**Exercise objective**.
In the entries, find all lines that hold the word "Prelude" and copy them.

**Listed records**.
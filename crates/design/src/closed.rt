// The closing step: a family that grows in a store is closed, and written in its order.
ghost use Rattle.std.specs.Prelude.{◌≡◌, true, List, [], ◌∷◌, ◌++◌, ◌≤◌, length};
ghost use Rattle.rules.specs.Limits.{most_plots, most_members, table_cells, family_bytes};
ghost use Rattle.rules.specs.Factor.{Column, equality};
ghost use Rattle.rules.specs.Family.{◌∈◌, columns_from, members_of};
ghost use Rattle.rules.specs.Closing.{plot_family, treatment_generators};
ghost use Rattle.rules.specs.Design.{question8, plot_buffer};
ghost use Rattle.design.specs.State.{Begun, Work};
ghost use Rattle.design.specs.Judging.{Listing, PlotListing};
ghost use Rattle.design.specs.Treatments.{AllPlaced};
ghost use Rattle.design.specs.Closings.{closed_in, Ready};

use crate::closing::{PAIRS, close, close_or_grow};
use crate::columns::{equality, place_plot_columns};
use crate::points::{close_points, meet_members};
use crate::sorting::{sort, write};
use crate::store::place;
use crate::treatments::place_choices;
use limits::{COLUMNS, Level, MEMBERS, PLOTS};

// U, E and three columns: fewer make one pair at most.
const CROSSED: usize = 5;

// U, E and four columns: fewer make a family that is closed in less time than points take.
const PARTED: usize = 6;

// A closed family: its size, and where its members were found, in their order.
#[derive(Clone, Copy)]
pub struct ClosedFamily {
    pub size: usize,
    pub order: [u8; MEMBERS],
}

// Closes the family that starts from the first `start` members of a store, of which those before place `from` are combined with each
// other; marks its pairs, and writes it in its order; none where it is too large.
pub fn close_family(
    store: &mut [u8],
    counts: &mut [u8; MEMBERS],
    marks: &mut [u8; PAIRS],
    start: usize,
    from: usize,
    n: usize,
    infima: bool,
    family: &mut [u8],
) -> Option<ClosedFamily>
    requires { Work n infima (members_of n store.old start) store.old counts.old marks.old start from 0 × (from ≤ start) × (family_bytes ≤ length family.old) }
    ensures { (Gs : List Column) → Work n infima Gs store.old counts.old marks.old start from 0 → Listing n infima Gs family.old family.new marks.new result }
{
    let size = close(store, counts, marks, start, from, n, infima)?;
    let order = sort(store, counts, n, size);
    write(store, &order, n, size, family);
    Some(ClosedFamily { size, order })
}

// Places E and the infima of all choices of plot columns; answers how many members they make, unless these are too many.
fn place_plot_infima(
    levels: &[Level],
    n: usize,
    c: usize,
    store: &mut [u8],
    counts: &mut [u8; MEMBERS],
) -> Option<usize>
    requires { (1 ≤ n) × (n ≤ most_plots) × (c ≤ 6) × (table_cells ≤ length levels.now) × (length store.old ≡ family_bytes) × (length counts.old ≡ most_members) }
    ensures { AllPlaced n (treatment_generators n 6 (columns_from n levels.now 0 c) ++ equality n ∷ []) store.new counts.new result }
{
    let column = equality(n);
    place(store, counts, 0, &column[..n], n as u8);
    place_choices(levels, n, 0, c, COLUMNS, store, counts, 1)
}

// Closes the plot family by the infima of its columns: these make no other infima, so that they are the family where no two of them
// have another supremum. Else it is closed under both operations.
fn close_by_infima(
    levels: &[Level],
    n: usize,
    columns: usize,
    store: &mut [u8],
    counts: &mut [u8; MEMBERS],
    marks: &mut [u8; PAIRS],
    plot: &mut [u8],
) -> Option<ClosedFamily>
    requires { (1 ≤ n) × (n ≤ most_plots) × (columns ≤ 6) × (table_cells ≤ length levels.now) × (family_bytes ≤ length plot.old) × (length store.old ≡ family_bytes) × (length counts.old ≡ most_members) × (length marks.old ≡ 1024) }
    ensures { PlotListing n (columns_from n levels.now 0 columns) plot.old plot.new marks.new result }
{
    let start = place_plot_infima(levels, n, columns, store, counts)?;
    let size = close_or_grow(store, counts, marks, start, n)?;
    if size == start {
        let order = sort(store, counts, n, size);
        write(store, &order, n, size, plot);
        return Some(ClosedFamily { size, order });
    }
    close_family(store, counts, marks, size, 0, n, true, plot)
}

// The product of a number and a number of classes.
pub fn times(a: usize, b: u8) -> usize
    requires { a ≤ most_plots }
{
    a * b as usize
}

// Whether three plot columns or more, placed after U and E, look crossed: there are as many plots as combinations of their classes, at
// least. Then their infima are likely to be the family. Any answer is right; this one is quick.
fn look_crossed(counts: &[u8; MEMBERS], size: usize, n: usize) -> bool
    requires { (size ≤ most_members) × (n ≤ most_plots) }
{
    if size < CROSSED {
        return false;
    }
    let mut combinations: usize = 1;
    for &k in &counts[2..size] {
        combinations = times(combinations, k);
        if n < combinations {
            return false;
        }
    }
    true
}

// Whether four plot columns or more, placed after U and E, have few classes: there may be few points then. Any answer is right; this one
// is quick.
fn few_classes(counts: &[u8; MEMBERS], size: usize, n: usize) -> bool
    requires { (size ≤ most_members) × (n ≤ most_plots) }
{
    PARTED <= size && counts[2..size].iter().all(|&k| times(4, k) < n)
}

// Closes the plot family that starts from U, E and columns, on the points of these where there are few.
fn close_columns(
    store: &mut [u8],
    counts: &mut [u8; MEMBERS],
    marks: &mut [u8; PAIRS],
    start: usize,
    n: usize,
    family: &mut [u8],
) -> Option<ClosedFamily>
    requires { Begun n (members_of n store.old start) store.old counts.old start × (equality n ∈ members_of n store.old start) × (length marks.old ≡ 1024) × (family_bytes ≤ length family.old) }
    ensures { (Gs : List Column) → Begun n Gs store.old counts.old start → Listing n true Gs family.old family.new marks.new result }
{
    if !few_classes(counts, start, n) {
        return close_family(store, counts, marks, start, 0, n, true, family);
    }
    let mut points = [1u8; PLOTS];
    let m = meet_members(store, counts, start, n, &mut points);
    if n < 2 * m {
        return close_family(store, counts, marks, start, 0, n, true, family);
    }
    close_points(store, counts, marks, start, n, &points, m, family)
}

// Closes the plot family and writes it in its order, where it is not too large.
pub fn close_plot_family(
    levels: &[Level],
    n: usize,
    columns: usize,
    store: &mut [u8],
    marks: &mut [u8; PAIRS],
    plot: &mut [u8],
) -> Option<ClosedFamily>
    requires { (1 ≤ n) × (n ≤ most_plots) × (columns ≤ 6) × (table_cells ≤ length levels.now) × (family_bytes ≤ length plot.old) × (length store.old ≡ family_bytes) × (length marks.old ≡ 1024) }
    ensures family { closed_in n plot.new result ≡ plot_family n (columns_from n levels.now 0 columns) }
    ensures buffer { plot.new ≡ plot_buffer plot.old (question8 n (plot_family n (columns_from n levels.now 0 columns))) }
    ensures tables { Ready n plot.new marks.new result }
{
    let mut counts = [0u8; MEMBERS];
    let start = place_plot_columns(levels, columns, store, &mut counts, n);
    if look_crossed(&counts, start, n) {
        return close_by_infima(levels, n, columns, store, &mut counts, marks, plot);
    }
    close_columns(store, &mut counts, marks, start, n, plot)
}
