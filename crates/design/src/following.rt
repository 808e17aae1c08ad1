// Suprema that follow from those of finer members: where F is finer than F', and F' than the supremum of F and G, which are orthogonal,
// the supremum of F' and G is the same one, and they are orthogonal.
ghost use Rattle.std.specs.Prelude.{◌≡◌, true, ◌⊎◌, ℕ, Option, Some, None, ◌+◌, ◌*◌, ◌≤◌, ◌<◌, get_or};
ghost use Rattle.rules.specs.Limits.{most_members};
ghost use Rattle.rules.specs.Lists.{bit_at};
ghost use Rattle.design.specs.Crossing.{Join, Chosen};
ghost use Rattle.design.specs.Sides.{Crossing, plot_of, treatment_of};

use crate::crossing::Suprema;
use crate::entries::Entries;
use crate::nesting::{Sides, found_finer};
use families::member;
use limits::MEMBERS;

// Of two places, the one whose member has fewer classes.
fn fewer(counts: &[u8; MEMBERS], p: Option<u8>, q: Option<u8>) -> Option<u8>
    requires first { (k : ℕ) → p ≡ Some k → k < most_members }
    requires second { (k : ℕ) → q ≡ Some k → k < most_members }
    ensures { (result ≡ p) ⊎ (result ≡ q) }
{
    match (p, q) {
        (Some(a), Some(b)) if counts[b as usize] < counts[a as usize] => q,
        (None, _) => q,
        _ => p,
    }
}

// Of the entries that belong to the bits of a word, from bit `from` on, the place whose member has the fewest classes: no other can be
// the supremum.
fn coarsest(
    joins: &Entries,
    counts: &[u8; MEMBERS],
    at: usize,
    step: usize,
    word: u32,
    from: usize,
) -> Option<u8>
    requires { (at ≤ 1024) × (step ≤ most_members) × ((k : ℕ) → bit_at word k ≡ true → (at + step * k < 1024) × ((q : ℕ) → get_or joins.now (at + step * k) None ≡ Some q → q < most_members)) }
    ensures { (q : ℕ) → result ≡ Some q → Chosen joins.now at step word q }
{
    let mut best = None;
    for k in from..MEMBERS {
        let left = word >> k;
        if left == 0 {
            return best;
        }
        if left & 1 == 1 {
            best = fewer(counts, best, joins.get(at + step * k));
        }
    }
    best
}

// The place of the supremum of plot member `i` and treatment member `j`, where it follows from those of finer members.
pub fn following(sides: &Sides, i: usize, j: usize, found: &Suprema, joins: &Entries) -> Option<u8>
    requires { (i < sides.now.plot.size) × (j < sides.now.treatment.size) × Crossing sides.now found.now joins.now }
    ensures { (q : ℕ) → result ≡ Some q → Join sides.now.plot.plots (plot_of sides.now i) (treatment_of sides.now j) found.now.bytes found.now.size q }
{
    let plot = &sides.plot;
    let treatment = &sides.treatment;
    let n = plot.plots;
    let p = coarsest(joins, &found.counts, j, MEMBERS, plot.finer[i], i + 1);
    let q = coarsest(
        joins,
        &found.counts,
        MEMBERS * i,
        1,
        treatment.finer[j],
        j + 1,
    );
    if p == q {
        return p;
    }
    let place = fewer(&found.counts, p, q)?;
    let supremum = member(&found.bytes, place as usize, n);
    let count = found.counts[place as usize];
    let is_finer = if p == Some(place) {
        found_finer(member(plot.bytes, i, n), plot.counts[i], supremum, count)
    } else {
        found_finer(
            member(treatment.bytes, j, n),
            treatment.counts[j],
            supremum,
            count,
        )
    };
    is_finer.then_some(place)
}
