// The names of members, worked out once.
ghost use Rattle.std.specs.Prelude.{◌≡◌, ℕ, ◌≤◌, ◌<◌, length, get_or};
ghost use Rattle.rules.specs.Limits.{most_members, name_bytes};
ghost use Rattle.naming.specs.Answers.{kind_of};
ghost use Rattle.table.specs.Names.{NameableBy, name_in, family_names, placed_name};

use limits::{MEMBERS, NAME};
use naming::{Kind, Source};

// Bytes for the names of a family's members.
const NAMES: usize = NAME * MEMBERS;

// The names of a family's members, 160 bytes a member, and how many bytes each name has.
#[derive(Drop)]
pub struct Names {
    bytes: [u8; NAMES],
    lengths: [usize; MEMBERS],
    size: usize,
    ghost few: { size ≤ most_members },
    ghost short: { (j : ℕ) → j < size → get_or lengths j 0 ≤ name_bytes },
}

impl Names {
    ghost use Rattle.table.specs.Skeletons.{names_of};

    // Names each of the first `size` members of a family.
    pub fn of_family(source: Source<'_>, kind: Kind, family: &[u8], size: usize) -> Names
        requires { NameableBy source.text.now source.levels.now source.counts family.now × (size ≤ most_members) }
        ensures names { names_of result ≡ family_names kind source.entry.counts size source.entry.text.now source.entry.levels.now family.now }
        ensures size { result.size ≡ size }
    {
        let mut bytes = [0u8; NAMES];
        let mut lengths = [0usize; MEMBERS];
        naming::name_members(source, kind, family, size, &mut bytes, &mut lengths).unwrap();
        Names {
            bytes,
            lengths,
            size,
        }
    }

    // How many members are named.
    pub fn size(&self) -> usize
        ensures { result ≡ self.now.size }
    {
        self.size
    }

    // The name of member `j`, from 0.
    pub fn name(&self, j: usize) -> &[u8]
        requires { j < self.now.size }
        ensures { result.now ≡ name_in self.now.bytes self.now.lengths j }
    {
        let start = NAME * j;
        &self.bytes[start..start + self.lengths[j]]
    }
}

// A name: as many of 160 bytes as it has.
#[derive(Clone, Copy)]
pub struct Name {
    bytes: [u8; NAME],
    size: usize,
    ghost inside: { size ≤ length bytes },
}

impl Name {
    ghost use Rattle.table.specs.Skeletons.{spelled};

    // Its bytes.
    pub fn bytes(&self) -> &[u8]
        ensures { result.now ≡ spelled self.now }
    {
        &self.bytes[..self.size]
    }

    // The name of the member at a place of a family, from 1, by the columns of the kind; `-` at place 0.
    pub fn at_place(source: Source<'_>, kind: Kind, family: &[u8], place: usize) -> Name
        requires { NameableBy source.text.now source.levels.now source.counts family.now × (place ≤ most_members) }
        ensures { spelled result ≡ placed_name (kind_of kind) source.entry.text.now source.entry.counts.plots source.entry.levels.now family.now place }
    {
        let mut bytes = [0u8; NAME];
        if place == 0 {
            bytes[0] = b'-';
            return Name { bytes, size: 1 };
        }
        let member = families::member(family, place - 1, source.counts.plots);
        let size = naming::name_counted(source, kind, member, place, &mut bytes).unwrap();
        Name { bytes, size }
    }
}
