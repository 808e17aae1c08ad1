// The printed table of a sheet.
#![tactic(auto)]

ghost use Rattle.std.specs.Prelude.{◌≡◌, ◌≤◌, length};
ghost use Rattle.rules.specs.Limits.{most_members};
ghost use Rattle.rules.specs.Table.{table_text, skeleton_table, table_buffer, first_kind, second_kind};
ghost use Rattle.refusal.specs.Numbers.{number_of};
ghost use Rattle.naming.specs.Answers.{kind_of};
ghost use Rattle.decimal.specs.Writing.{Wrote};
ghost use Rattle.sheet.specs.Answers.{outcome_of};
ghost use Rattle.table.specs.Answers.{print_numbers, print_numbers_of, refused_number};
ghost use Rattle.table.specs.Designs.{WasRead, BothNameable, AcceptedSheet, buffer_for, design_text, refusal_text, accepted_text};

mod names;
mod rows;
mod skeletons;

use design::{FullRefusal, Sizes};
use limits::{FAMILY, INTERACTION, LEVELS, Level};
use names::{Name, Names};
use naming::{Kind, Source};
use refusal::Refusal;
pub use rows::{put_answer, put_refused};
use sheet::Counts;
use skeletons::Skeleton;

// Bytes of a buffer for the printed text.
const TABLE: usize = 32768;

// Writes what is printed for a sheet's text: the skeleton table, or the line of a refusal; answers how many bytes it has. 6: the buffer is too short.
#[tactic(auto, using(crate::proofs::TableLaws::short_numbers, crate::proofs::TableLaws::short_buffer))]
pub fn skeleton_table(text: &[u8], out: &mut [u8]) -> Result<usize, Refusal>
    ensures answer { print_numbers result ≡ print_numbers_of (skeleton_table text.now (length out.old)) }
    ensures buffer { out.new ≡ table_buffer out.old (skeleton_table text.now (length out.old)) }
{
    if out.len() < TABLE {
        return Err(Refusal::Limits);
    }
    Ok(print(text, out))
}

// Writes the whole text: questions 1 to 5 by the reader, whose answer has the counts or the refusal.
fn print(text: &[u8], out: &mut [u8]) -> usize
    ensures { Wrote out.old 0 (table_text text.now) out.new result }
{
    let mut levels: [Level; LEVELS] = [0; LEVELS];
    let reading = sheet::read_sheet(text, &mut levels);
    let Ok(counts) = reading else {
        return rows::put_refused(reading_refusal(reading), b"-", b"-", out);
    };
    let source = Source {
        text,
        levels: &levels,
        counts,
    };
    print_design(source, out)
}

// The number of a refused reading, 0 for a sheet that was read.
fn reading_refusal(reading: Result<Counts, Refusal>) -> usize
    ensures { result ≡ refused_number (outcome_of reading) }
{
    match reading {
        Ok(_) => 0,
        Err(refusal) => refusal.number() as usize,
    }
}

// Writes the text of a sheet that was read.
fn print_design(source: Source<'_>, out: &mut [u8]) -> usize
    requires { WasRead source }
    ensures { Wrote out.old 0 (design_text source.entry) out.new result }
{
    let counts = source.counts;
    let mut plot_family = [0u8; FAMILY];
    let mut treatment_family = [0u8; FAMILY];
    let design = design::full_design(
        source.levels,
        counts.plots,
        counts.plot_columns,
        counts.treatment_columns,
        INTERACTION,
        &mut plot_family,
        &mut treatment_family,
    );
    match design {
        Ok(sizes) => print_accepted(source, sizes, &plot_family, &treatment_family, out),
        Err(refusal) => print_refusal(source, refusal, &plot_family, &treatment_family, out),
    }
}

// The kinds of the members that a refusal names: at both places a plot member in 10, a treatment member in 12, else one of each.
fn kinds_at_fault(question: Refusal) -> (Kind, Kind)
    ensures first { kind_of result.0 ≡ first_kind (number_of question) }
    ensures second { kind_of result.1 ≡ second_kind (number_of question) }
{
    match question {
        Refusal::PlotPair => (Kind::Plot, Kind::Plot),
        Refusal::TreatmentPair => (Kind::Treatment, Kind::Treatment),
        _ => (Kind::Plot, Kind::Treatment),
    }
}

// The family of a kind.
fn family_for<'a>(kind: Kind, plot_family: &'a [u8], treatment_family: &'a [u8]) -> &'a [u8]
    ensures { result.now ≡ buffer_for (kind_of kind) plot_family.now treatment_family.now }
{
    match kind {
        Kind::Plot => plot_family,
        Kind::Treatment => treatment_family,
    }
}

// Writes the line of a refused design.
fn print_refusal(
    source: Source<'_>,
    refusal: FullRefusal,
    plot_family: &[u8],
    treatment_family: &[u8],
    out: &mut [u8],
) -> usize
    requires { BothNameable source plot_family.now treatment_family.now × (refusal.first ≤ most_members) × (refusal.second ≤ most_members) }
    ensures { Wrote out.old 0 (refusal_text source.entry refusal plot_family.now treatment_family.now) out.new result }
{
    let kinds = kinds_at_fault(refusal.question);
    let family = family_for(kinds.0, plot_family, treatment_family);
    let first = Name::at_place(source, kinds.0, family, refusal.first);
    let other = family_for(kinds.1, plot_family, treatment_family);
    let second = Name::at_place(source, kinds.1, other, refusal.second);
    let number = refusal.question.number() as usize;
    rows::put_refused(number, first.bytes(), second.bytes(), out)
}

// Names the members of both families of an accepted design, works out degrees of freedom, strata and residuals, and writes its table.
fn print_accepted(
    source: Source<'_>,
    sizes: Sizes,
    plot_family: &[u8],
    treatment_family: &[u8],
    out: &mut [u8],
) -> usize
    requires { AcceptedSheet source sizes plot_family.now treatment_family.now }
    ensures { Wrote out.old 0 (accepted_text source.entry sizes plot_family.now treatment_family.now) out.new result }
{
    let plots = source.counts.plots;
    let strata = Names::of_family(source, Kind::Plot, plot_family, sizes.plot);
    let sources = Names::of_family(source, Kind::Treatment, treatment_family, sizes.treatment);
    let found = strata::analysis(
        plot_family,
        sizes.plot,
        treatment_family,
        sizes.treatment,
        plots,
    )
    .unwrap();
    rows::put_table(
        &Skeleton {
            plots,
            strata: &strata,
            sources: &sources,
            found: &found,
        },
        out,
    )
}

**Response to the exercise**.
ghost use Rattle.std.specs.Prelude.{◌≡◌, true, List, [], ◌∷◌, ◌++◌, ◌≤◌, length};
ghost use Rattle.std.specs.Prelude.{◌≡◌, true, ◌⊎◌, ℕ, Option, Some, None, ◌+◌, ◌*◌, ◌≤◌, ◌<◌, get_or};
ghost use Rattle.std.specs.Prelude.{◌≡◌, ℕ, ◌≤◌, ◌<◌, length, get_or};
ghost use Rattle.std.specs.Prelude.{◌≡◌, ◌≤◌, length};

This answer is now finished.